HOW TO COMPLETE THIS TASK —
Your answer must be the lines of the entries below, exactly as written, from the first line through the line containing "to the total.".
● ● ●
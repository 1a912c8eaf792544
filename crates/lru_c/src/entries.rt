//! The entries of a cache that have a value, as C gets them.
ghost use Rattle.std.specs.Prelude.{◌≡◌, ◌==◌, ⊤, MatchBool};
ghost use Rattle.concurrent_lru.specs.ReadyEntries.{entry_of_ref};
ghost use Rattle.lru_c.specs.Codes as codes;
ghost use Rattle.lru_c.specs.Entries.{Shows, TellsEntry, TellsEntries};

use crate::code;
use crate::told::{LruPin, LruTold};
use crate::values::State;
use concurrent_lru::lru_core::EntryRef;
use std::hash::Hash;

/// An entry of a cache that has a value.
#[repr(C)]
#[derive(Clone, Copy, PartialEq, Eq)]
pub struct LruEntry {
    /// Names the entry.
    pub pin: LruPin,
    /// The value.
    pub value: u64,
    /// What the entry adds to the total.
    pub charge: u64,
    /// How many pins the entry has: 0 if it is idle.
    pub pins: u32,
    /// 1 if the entry is held and its key no longer finds it, otherwise 0.
    pub is_detached: u32,
}

impl LruEntry {
    fn of<K>(entry: &EntryRef<'_, K, u64>) -> LruEntry
        ensures { Shows (entry_of_ref entry.now) result }
    {
        LruEntry {
            pin: LruPin::of(entry.stamp, entry.hint),
            value: *entry.value,
            charge: entry.charge,
            pins: entry.pins,
            is_detached: if entry.is_detached { 1 } else { 0 },
        }
    }
}

// Writes the entry with the stamp of a pin, if there is one and it has a value.
pub(crate) fn write_entry<K: Hash + Eq + Clone>(
    state: &State<K>,
    pin: LruPin,
    out: &mut LruEntry,
) -> u32
    ensures told { TellsEntry state.now.cache pin.stamp result out.new }
    ensures kept { MatchBool (result == codes.done) ⊤ (out.new ≡ out.old) }
{
    match state.entry_at(&pin.spot()) {
        Some(entry) => {
            *out = LruEntry::of(&entry);
            code::DONE
        }
        None => code::STALE,
    }
}

// Writes all entries that have a value to the start of a buffer, if it has room for them.
pub(crate) fn write_entries<K: Hash + Eq + Clone>(state: &State<K>, out: &mut [LruEntry]) -> LruTold
    ensures { TellsEntries state.now.cache result out.old out.new }
{
    let mut written = 0;
    for entry in state.entries() {
        if written == out.len() {
            return LruTold::number(code::NO_ROOM, state.len() as u64);
        }
        out[written] = LruEntry::of(&entry);
        written += 1;
    }
    LruTold::number(code::NUMBER, written as u64)
}
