/// Returns whether a chain has no entries or is not open.
#[unsafe(no_mangle)]
pub extern "C" fn lru_chain_is_empty(chain: &mut LruChain) -> bool
    ensures same { chain.new.chain.held ≡ chain.old.chain.held }
    ensures empty { MatchBool (chain_code chain.old.chain.held == codes.not_empty)
        (result ≡ false) (result ≡ true) }
{
    chain_calls::emptiness_code(chain) != code::NOT_EMPTY
}
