//! What the handle of a cache points to, and the calls on it that take no key.
ghost use Rattle.std.specs.Prelude.{◌≡◌, ◌==◌, ◌<◌, ⊤, true, false, MatchBool, MatchOption};
ghost use Rattle.concurrent_lru.specs.Request as ask;
ghost use Rattle.lru_c.specs.Codes as codes;

use crate::bytes::cache::BytesCache;
use crate::bytes::key::Bytes;
use crate::cache::Cache;
use crate::chain::{AnyChain, Chain};
use crate::entries::{LruEntry, write_entries, write_entry};
use crate::steps::{Number, Step};
use crate::told::{LruPin, LruStats, LruTold};
use crate::words::cache::WordsCache;
use crate::{kind, steps};
use std::alloc::Global;

/// A cache whose keys are of one of two kinds.
#[derive(Drop)]
pub enum AnyCache {
    /// A cache whose keys are bytes.
    Bytes(BytesCache),
    /// A cache whose keys are two words.
    Words(WordsCache),
}

impl AnyCache {
    ghost use Rattle.lru_c.specs.Calls.{AsksAny, AsksInto, HoldsAll, IsNew, NumbersAny, ReadiesInto, ReservesAny, StatsAny};
    ghost use Rattle.lru_c.specs.Chains.{IsEmpty};
    ghost use Rattle.lru_c.specs.Entries.{EntriesOfAny, EntryOfAny};
    ghost use Rattle.lru_c.specs.Keys.{is_kind};
    ghost use Rattle.lru_c.specs.Opened.{number_of};
    ghost use Rattle.lru_c.specs.Told.{bare, request_of};

    // Returns a new, empty cache whose keys are of a kind, or `None` if there is no such kind.
    pub(crate) fn new(
        alloc: Global,
        kind: u32,
        capacity: u64,
        first_stamp: u64,
        most_pins: u32,
        seed: u64,
    ) -> Option<AnyCache>
        requires { 0 < most_pins }
        ensures { MatchOption result (is_kind kind ≡ false) (λ cache. (is_kind kind ≡ true) ×
            IsNew kind capacity most_pins first_stamp cache) }
    {
        if kind == kind::BYTES {
            let room = Bytes::new(alloc);
            let cache = Cache::new(alloc, capacity, first_stamp, most_pins, seed, room);
            return Some(AnyCache::Bytes(cache));
        }
        if kind == kind::WORDS {
            let cache = Cache::new(alloc, capacity, first_stamp, most_pins, seed, ());
            return Some(AnyCache::Words(cache));
        }
        None
    }

    pub(crate) fn poll(&mut self, pin: LruPin) -> LruTold
        ensures { AsksAny self.old (λ K. ask.poll pin.stamp) result self.new }
    {
        match self {
            AnyCache::Bytes(cache) => steps::poll(&mut cache.state, pin),
            AnyCache::Words(cache) => steps::poll(&mut cache.state, pin),
        }
    }

    pub(crate) fn ready(&mut self, pin: LruPin, value: u64) -> u32
        ensures { AsksAny self.old (λ K. ask.ready pin.stamp value) (bare result) self.new }
    {
        match self {
            AnyCache::Bytes(cache) => steps::ready(&mut cache.state, pin, value),
            AnyCache::Words(cache) => steps::ready(&mut cache.state, pin, value),
        }
    }

    // Stores a value with a charge, and puts what that evicts into a chain.
    pub(crate) fn ready_with(
        &mut self,
        pin: LruPin,
        value: u64,
        charge: u64,
        strict: bool,
        gone: &mut AnyChain,
    ) -> u32
        requires { IsEmpty gone.old }
        ensures { ReadiesInto strict pin.stamp value charge (bare result) self.old gone.new
            self.new }
    {
        match self {
            AnyCache::Bytes(cache) => {
                let state = &mut cache.state;
                gone.take_bytes(steps::ready_with(state, pin, value, charge, strict))
            }
            AnyCache::Words(cache) => {
                let state = &mut cache.state;
                gone.take_words(steps::ready_with(state, pin, value, charge, strict))
            }
        }
    }

    pub(crate) fn fail(&mut self, pin: LruPin) -> u32
        ensures { AsksAny self.old (λ K. ask.fail pin.stamp) (bare result) self.new }
    {
        match self {
            AnyCache::Bytes(cache) => cache.fail(pin),
            AnyCache::Words(cache) => cache.fail(pin),
        }
    }

    pub(crate) fn repin(&mut self, pin: LruPin) -> LruTold
        ensures { AsksAny self.old (λ K. ask.repin pin.stamp) result self.new }
    {
        match self {
            AnyCache::Bytes(cache) => steps::repin(&mut cache.state, pin),
            AnyCache::Words(cache) => steps::repin(&mut cache.state, pin),
        }
    }

    // Takes a step, and puts what it evicts into a chain.
    #[inline(always)]
    pub(crate) fn take(&mut self, step: Step, gone: &mut AnyChain) -> u32
        requires { IsEmpty gone.old }
        ensures { AsksInto (λ K. request_of step) (bare result) self.old gone.new self.new }
    {
        match self {
            AnyCache::Bytes(cache) => gone.take_bytes(steps::take(&mut cache.state, step)),
            AnyCache::Words(cache) => gone.take_words(steps::take(&mut cache.state, step)),
        }
    }

    pub(crate) fn reserve(&mut self, entries: usize) -> u32
        ensures { ReservesAny self.old result self.new }
    {
        match self {
            AnyCache::Bytes(cache) => steps::reserve(&mut cache.state, entries),
            AnyCache::Words(cache) => steps::reserve(&mut cache.state, entries),
        }
    }

    pub(crate) fn tell(&mut self, which: Number) -> LruTold
        ensures { NumbersAny self.old (λ K. number_of which) result self.new }
    {
        match self {
            AnyCache::Bytes(cache) => steps::tell(&cache.state, which),
            AnyCache::Words(cache) => steps::tell(&cache.state, which),
        }
    }

    pub(crate) fn stats(&mut self) -> LruStats
        ensures { StatsAny self.old result self.new }
    {
        match self {
            AnyCache::Bytes(cache) => cache.stats(),
            AnyCache::Words(cache) => cache.stats(),
        }
    }

    // Writes the entry with the stamp of a pin.
    pub(crate) fn write_entry(&mut self, pin: LruPin, out: &mut LruEntry) -> u32
        ensures told { EntryOfAny self.old pin.stamp result out.new self.new }
        ensures kept { MatchBool (result == codes.done) ⊤ (out.new ≡ out.old) }
    {
        match self {
            AnyCache::Bytes(cache) => write_entry(&cache.state, pin, out),
            AnyCache::Words(cache) => write_entry(&cache.state, pin, out),
        }
    }

    // Writes all entries that have a value to the start of a buffer.
    pub(crate) fn write_entries(&mut self, out: &mut [LruEntry]) -> LruTold
        ensures { EntriesOfAny self.old result out.old out.new self.new }
    {
        match self {
            AnyCache::Bytes(cache) => write_entries(&cache.state, out),
            AnyCache::Words(cache) => write_entries(&cache.state, out),
        }
    }

    // Takes out every entry that has a value.
    pub(crate) fn take_all(&mut self, left: &mut AnyChain)
        requires { IsEmpty left.old }
        ensures { HoldsAll self.old left.new }
    {
        match self {
            AnyCache::Bytes(cache) => left.fill_bytes(Chain::of(cache.state.take_all())),
            AnyCache::Words(cache) => left.fill_words(Chain::of(cache.state.take_all())),
        }
    }
}
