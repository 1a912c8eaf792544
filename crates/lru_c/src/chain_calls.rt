//! The chain that a call fills, and the code that says whether it can be filled.
ghost use Rattle.std.specs.Borrow.{sem};
ghost use Rattle.std.specs.Prelude.{◌≡◌, ◌≢◌, Some, MatchResult};
ghost use Rattle.lru_c.specs.Chains.{chain_code, IsEmpty};
ghost use Rattle.lru_c.specs.Codes as codes;
ghost use Rattle.lru_c.specs.Lends.{LendsChain};

use crate::chain::AnyChain;
use crate::code;
use crate::handle::Handle;
use crate::handles::LruChain;

// Returns the chain of a handle for a call to fill, if it is open and empty. Otherwise returns the
// code that says why not: `CLOSED` or `NOT_EMPTY`.
pub(crate) fn empty_chain<G: Handle<To = AnyChain>>(gone: &mut G) -> Result<&mut AnyChain, u32>
    ensures* writes_back { sem 𝓛 (LendsChain G.row G.held gone.entry result) }
    ensures chain { MatchResult result (λ chain. (G.held gone.old ≡ Some chain.now) ×
        IsEmpty chain.now)
        (λ code. (code ≡ chain_code (G.held gone.old)) × (code ≢ codes.done)) }
{
    match gone.get_mut() {
        Some(chain) => {
            let code = chain.emptiness_code();
            if code == code::DONE {
                Ok(chain)
            } else {
                Err(code)
            }
        }
        None => Err(code::CLOSED),
    }
}

// Returns `DONE` if a chain is open and empty, otherwise `CLOSED` or `NOT_EMPTY`.
pub(crate) fn emptiness_code(chain: &mut LruChain) -> u32
    ensures same { chain.new.chain.held ≡ chain.old.chain.held }
    ensures code { result ≡ chain_code chain.old.chain.held }
{
    match chain.get_mut() {
        Some(chain) => chain.emptiness_code(),
        None => code::CLOSED,
    }
}
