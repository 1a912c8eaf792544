//! The cache with a single owner, for programs in C and in other languages that call C. C holds
//! handles to caches and to chains of evicted entries. Threads that share a handle need a lock of
//! their own around each call.
#![tactic(auto)]

pub mod any_cache;
pub mod at;
pub mod bytes;
pub mod cache;
pub mod calls;
pub mod chain;
mod chain_calls;
pub mod clock;
pub mod code;
pub mod counts;
pub mod entries;
pub mod handle;
pub mod handles;
pub mod kind;
mod steps;
pub mod told;
pub mod values;
pub mod words;
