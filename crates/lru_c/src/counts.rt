//! Counts of what the calls on a cache have returned to C.
//!
//! They are plain numbers, kept with the cache behind its handle.
ghost use Rattle.std.specs.Prelude.{◌≡◌};
ghost use Rattle.lru_c.specs.Counted.{answered, inserted, no_calls, one_insertion, one_making};

use crate::code;
use crate::told::LruTold;

/// What the calls on a cache have returned since it was opened. A count that reaches `u64::MAX`
/// stays there.
#[derive(Clone, Copy)]
pub struct Counts {
    /// Calls of `begin` and `get` that found a value.
    pub hits: u64,
    /// Calls of `begin` and `get` that found none and did not wait.
    pub misses: u64,
    /// Calls of `begin` that found the value being made.
    pub waits: u64,
    /// Entries that a `fail` removed.
    pub removals: u64,
    /// The stamp that the first entry gets.
    pub first_stamp: u64,
    /// The stamp that the next new entry gets.
    pub next_stamp: u64,
}

impl Counts {
    // Returns the counts of a cache without calls whose first entry gets this stamp.
    pub(crate) fn from(first_stamp: u64) -> Counts
        ensures { result ≡ no_calls first_stamp }
    {
        Counts {
            hits: 0,
            misses: 0,
            waits: 0,
            removals: 0,
            first_stamp,
            next_stamp: first_stamp,
        }
    }

    // Counts the answer of `begin`, `get` or `fail`.
    #[inline(always)]
    pub(crate) fn answer(&mut self, told: LruTold)
        ensures { self.new ≡ answered told self.old }
    {
        if told.code == code::HIT {
            self.hits = self.hits.saturating_add(1);
        } else if told.code == code::MAKE {
            self.make(told.pin.stamp);
        } else if told.code == code::MISSED {
            self.misses = self.misses.saturating_add(1);
        } else if told.code == code::WAIT {
            self.waits = self.waits.saturating_add(1);
        } else if told.code == code::REMOVED {
            self.removals = self.removals.saturating_add(1);
        }
    }

    // Counts a miss, and a new entry unless the caller took over a making that failed.
    fn make(&mut self, stamp: u64)
        ensures { self.new ≡ one_making stamp self.old }
    {
        self.misses = self.misses.saturating_add(1);
        if stamp == self.next_stamp {
            self.insert();
        }
    }

    // Counts a new entry.
    fn insert(&mut self)
        ensures { self.new ≡ one_insertion self.old }
    {
        self.next_stamp = self.next_stamp.saturating_add(1);
    }

    // Counts the answer of `insert`.
    pub(crate) fn answer_insert(&mut self, told: LruTold)
        ensures { self.new ≡ inserted told self.old }
    {
        if told.code == code::DONE {
            self.insert();
        }
    }
}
● ● ●
YOUR SOLUTION —
repository 1a912c8eaf792544
filename crates/lru_c/src/entries.rt
//! The entries of a cache that have a value, as C gets them.
ghost use Rattle.std.specs.Prelude.{◌≡◌, ◌==◌, ⊤, MatchBool};
ghost use Rattle.concurrent_lru.specs.ReadyEntries.{entry_of_ref};
ghost use Rattle.lru_c.specs.Codes as codes;
ghost use Rattle.lru_c.specs.Entries.{Shows, TellsEntry, TellsEntries};

use crate::code;
use crate::told::{LruPin, LruTold};
use crate::values::State;
use concurrent_lru::lru_core::EntryRef;
use std::hash::Hash;

/// An entry of a cache that has a value.
#[repr(C)]
#[derive(Clone, Copy, PartialEq, Eq)]
pub struct LruEntry {
    /// Names the entry.
    pub pin: LruPin,
    /// The value.
    pub value: u64,
    /// What the entry adds to the total.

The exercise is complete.